# MATERIAL SHOWN:
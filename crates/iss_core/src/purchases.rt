//! The entries of authorisations.
ghost use Rattle.std.specs.Prelude.{◌≡◌, ◌<◌, ◌^◌, Some, OnOk, IsTrue};
ghost use Rattle.iss_model.specs.Forms.{is_amount, is_stamp, is_hold_time};
ghost use Rattle.iss_core.specs.States.{facts_of, kept_state};
ghost use Rattle.iss_core.specs.Asks.{ask_of};
ghost use Rattle.iss_core.specs.Cards.{first_ask_acts, named_card_acts, purchase_acts, purchase_ask};
ghost use Rattle.iss_core.specs.Order.{IsInOrder};
ghost use Rattle.iss_core.specs.Adding.{AddsActs};

use crate::asks::Ask;
use crate::looking::is_active_card;
use crate::pieces::put_declined;
use crate::state::State;
use iss_model::{Card, Currency, Entry, Product, Reason, Token, Txn};
use std::alloc::AllocError;

/// What a card is asked to pay.
#[derive(Clone, Copy)]
pub(crate) struct Purchase {
    pub token: Token,
    pub card: Token,
    pub currency: Currency,
    /// In minor units.
    pub amount: u64,
    /// The merchant category code of ISO 18245.
    pub mcc: u16,
    pub mid: Token,
    /// Whether the gateway may fund a part of the amount.
    pub partial: bool,
    /// In milliseconds since 1970.
    pub at: u64,
}

impl State {
    /// An authorisation is declined, or begins its transaction, counts as use, and seeks funding.
    pub(crate) fn put_authorization(
        &self,
        out: &mut Vec<Entry>,
        purchase: &Purchase,
    ) -> Result<(), AllocError>
        requires order { IsInOrder (kept_state self.now) }
        requires amount { IsTrue (is_amount purchase.now.amount) }
        requires stamp { IsTrue (is_stamp purchase.now.at) }
        ensures { OnOk result (AddsActs out.old out.new (named_card_acts (facts_of self.now) purchase.now)) }
    {
        match self.cards.card(&purchase.card) {
            None => put_declined(out, &purchase.token, Reason::CardUnknown),
            Some(card) => self.put_purchase(out, purchase, &card),
        }
    }

    /// An authorisation on a known card is declined, or begins its transaction, counts as use, and seeks funding.
    fn put_purchase(
        &self,
        out: &mut Vec<Entry>,
        purchase: &Purchase,
        card: &Card,
    ) -> Result<(), AllocError>
        requires order { IsInOrder (kept_state self.now) }
        requires amount { IsTrue (is_amount purchase.now.amount) }
        requires stamp { IsTrue (is_stamp purchase.now.at) }
        ensures { OnOk result (AddsActs out.old out.new (purchase_acts (facts_of self.now) purchase.now (Some card.now))) }
    {
        if !is_active_card(card.state) {
            return put_declined(out, &purchase.token, Reason::CardState);
        }
        if !self.is_active_user(&card.user) {
            return put_declined(out, &purchase.token, Reason::UserState);
        }
        match self.product(&card.product) {
            None => put_declined(out, &purchase.token, Reason::Currency),
            Some(product) if product.currency != purchase.currency => {
                put_declined(out, &purchase.token, Reason::Currency)
            }
            Some(product) => self.put_first_ask(out, &self.first_ask(purchase, card, &product)),
        }
    }

    /// A purchase on a card of a product, as an ask. It begins a transaction, which is named by its event and expires
    /// when the product's holds do.
    fn first_ask(&self, purchase: &Purchase, card: &Card, product: &Product) -> Ask
        requires time { IsTrue (is_hold_time product.now.hold_ms) }
        requires stamp { IsTrue (is_stamp purchase.now.at) }
        ensures { ask_of result ≡ purchase_ask (facts_of self.now) purchase.now card.now product.now }
    {
        Ask {
            event: purchase.token,
            txn: Txn {
                token: purchase.token,
                card: card.name,
                user: card.user,
                product: card.product,
                currency: purchase.currency,
                funding: product.funding,
                mcc: purchase.mcc,
                mid: purchase.mid,
                origin: self.count,
                at: purchase.at,
                expires: purchase.at + product.hold_ms,
            },
            amount: purchase.amount,
            first: true,
            partial: purchase.partial,
            at: purchase.at,
        }
    }

    /// The first ask of a transaction is declined, or begins it.
    fn put_first_ask(&self, out: &mut Vec<Entry>, ask: &Ask) -> Result<(), AllocError>
        requires order { IsInOrder (kept_state self.now) }
        requires amount { IsTrue (is_amount ask.now.amount) }
        requires stamp { IsTrue (is_stamp ask.now.at) }
        ensures { OnOk result (AddsActs out.old out.new (first_ask_acts (facts_of self.now) (ask_of ask.now))) }
    {
        if let Some(why) = self.ask_reason(ask) {
            return put_declined(out, &ask.event, why);
        }
        out.push(Entry::Began(ask.txn))?;
        out.push(Entry::Usage(ask.usage()))?;
        self.put_funding(out, ask)
    }
}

# TASK INSTRUCTIONS:
Please return the full listing exactly as it appears.

# SOLVED EXERCISE:
filename crates/iss_core/src/purchases.rt
//! The entries of authorisations.
ghost use Rattle.std.specs.Prelude.{◌≡◌, ◌<◌, ◌^◌, Some, OnOk, IsTrue};
ghost use Rattle.iss_model.specs.Forms.{is_amount, is_stamp, is_hold_time};
ghost use Rattle.iss_core.specs.States.{facts_of, kept_state};
ghost use Rattle.iss_core.specs.Asks.{ask_of};
ghost use Rattle.iss_core.specs.Cards.{first_ask_acts, named_card_acts, purchase_acts, purchase_ask};
ghost use Rattle.iss_core.specs.Order.{IsInOrder};
ghost use Rattle.iss_core.specs.Adding.{AddsActs};

use crate::asks::Ask;
use crate::looking::is_active_card;
use crate::pieces::put_declined;
use crate::state::State;
use iss_model::{Card, Currency, Entry, Product, Reason, Token, Txn};
use std::alloc::AllocError;

/// What a card is asked to pay.
#[derive(Clone, Copy)]
pub(crate) struct Purchase {
    pub token: Token,
    pub card: Token,
    pub currency: Currency,
    /// In minor units.
    pub amount: u64,
    /// The merchant category code of ISO 18245.
    pub mcc: u16,
    pub mid: Token,
    /// Whether the gateway may fund a part of the amount.
    pub partial: bool,
    /// In milliseconds since 1970.
    pub at: u64,
}

impl State {
    /// An authorisation is declined, or begins its transaction, counts as use, and seeks funding.
    pub(crate) fn put_authorization(
        &self,
        out: &mut Vec<Entry>,
        purchase: &Purchase,
    ) -> Result<(), AllocError>
        requires order { IsInOrder (kept_state self.now) }
        requires amount { IsTrue (is_amount purchase.now.amount) }
        requires stamp { IsTrue (is_stamp purchase.now.at) }
        ensures { OnOk result (AddsActs out.old out.new (named_card_acts (facts_of self.now) purchase.now)) }
    {
        match self.cards.card(&purchase.card) {
            None => put_declined(out, &purchase.token, Reason::CardUnknown),
            Some(card) => self.put_purchase(out, purchase, &card),
        }
    }

    /// An authorisation on a known card is declined, or begins its transaction, counts as use, and seeks funding.
    fn put_purchase(
        &self,
        out: &mut Vec<Entry>,
        purchase: &Purchase,
        card: &Card,
    ) -> Result<(), AllocError>
        requires order { IsInOrder (kept_state self.now) }
        requires amount { IsTrue (is_amount purchase.now.amount) }
        requires stamp { IsTrue (is_stamp purchase.now.at) }
        ensures { OnOk result (AddsActs out.old out.new (purchase_acts (facts_of self.now) purchase.now (Some card.now))) }
    {
        if !is_active_card(card.state) {
            return put_declined(out, &purchase.token, Reason::CardState);
        }
        if !self.is_active_user(&card.user) {
            return put_declined(out, &purchase.token, Reason::UserState);
        }
        match self.product(&card.product) {
            None => put_declined(out, &purchase.token, Reason::Currency),
            Some(product) if product.currency != purchase.currency => {
                put_declined(out, &purchase.token, Reason::Currency)
            }
            Some(product) => self.put_first_ask(out, &self.first_ask(purchase, card, &product)),
        }
    }

    /// A purchase on a card of a product, as an ask. It begins a transaction, which is named by its event and expires
    /// when the product's holds do.
    fn first_ask(&self, purchase: &Purchase, card: &Card, product: &Product) -> Ask
        requires time { IsTrue (is_hold_time product.now.hold_ms) }
        requires stamp { IsTrue (is_stamp purchase.now.at) }
        ensures { ask_of result ≡ purchase_ask (facts_of self.now) purchase.now card.now product.now }
    {
        Ask {
            event: purchase.token,
            txn: Txn {
                token: purchase.token,
                card: card.name,
                user: card.user,
                product: card.product,
                currency: purchase.currency,
                funding: product.funding,
                mcc: purchase.mcc,
                mid: purchase.mid,
                origin: self.count,
                at: purchase.at,
                expires: purchase.at + product.hold_ms,
            },
            amount: purchase.amount,
            first: true,
            partial: purchase.partial,
            at: purchase.at,
        }
    }

    /// The first ask of a transaction is declined, or begins it.
    fn put_first_ask(&self, out: &mut Vec<Entry>, ask: &Ask) -> Result<(), AllocError>
        requires order { IsInOrder (kept_state self.now) }
        requires amount { IsTrue (is_amount ask.now.amount) }
        requires stamp { IsTrue (is_stamp ask.now.at) }
        ensures { OnOk result (AddsActs out.old out.new (first_ask_acts (facts_of self.now) (ask_of ask.now))) }
    {
        if let Some(why) = self.ask_reason(ask) {
            return put_declined(out, &ask.event, why);
        }
        out.push(Entry::Began(ask.txn))?;
        out.push(Entry::Usage(ask.usage()))?;
        self.put_funding(out, ask)
    }
}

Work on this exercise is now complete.